- **TASK INSTRUCTIONS**
Begin with the line containing "pub mod order;" and copy every line after it to the end of the entries, exactly, leaving out the lines before it.

- **RECORDS**
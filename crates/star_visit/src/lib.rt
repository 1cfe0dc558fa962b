//! Walks over values: equality, order, texts (`str` and `repr`), JSON, and the truth of a value (`docs/LANGUAGE.md`,
//! "Equality, order, keys and texts").
//!
//! A visit is a step of such a walk. Each visit pays a step from a `Budget` and opens a level, so values that contain
//! themselves do no harm: a walk ends with the fault `Steps` or `Deep` at the latest. `truth` visits nothing.
//!
//! The promise of each: the answer, the steps and the fault are those of its definition, which is in
//! `star_store/specs`: `Equal`, `Order`, `Text`, `Json`, `Truth`. Keys of dictionaries have a walk of their own, beside the
//! indexes (`star_store/src/key.rt`). Begin at `equal.rt`.
#![tactic(auto)]

pub mod draft;
pub mod encode;
pub mod equal;
mod line;
pub mod order;
mod quoted;
pub mod text;
pub mod truth;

- **PROBLEM SOLUTION**
pub mod order;
mod quoted;
pub mod text;
pub mod truth;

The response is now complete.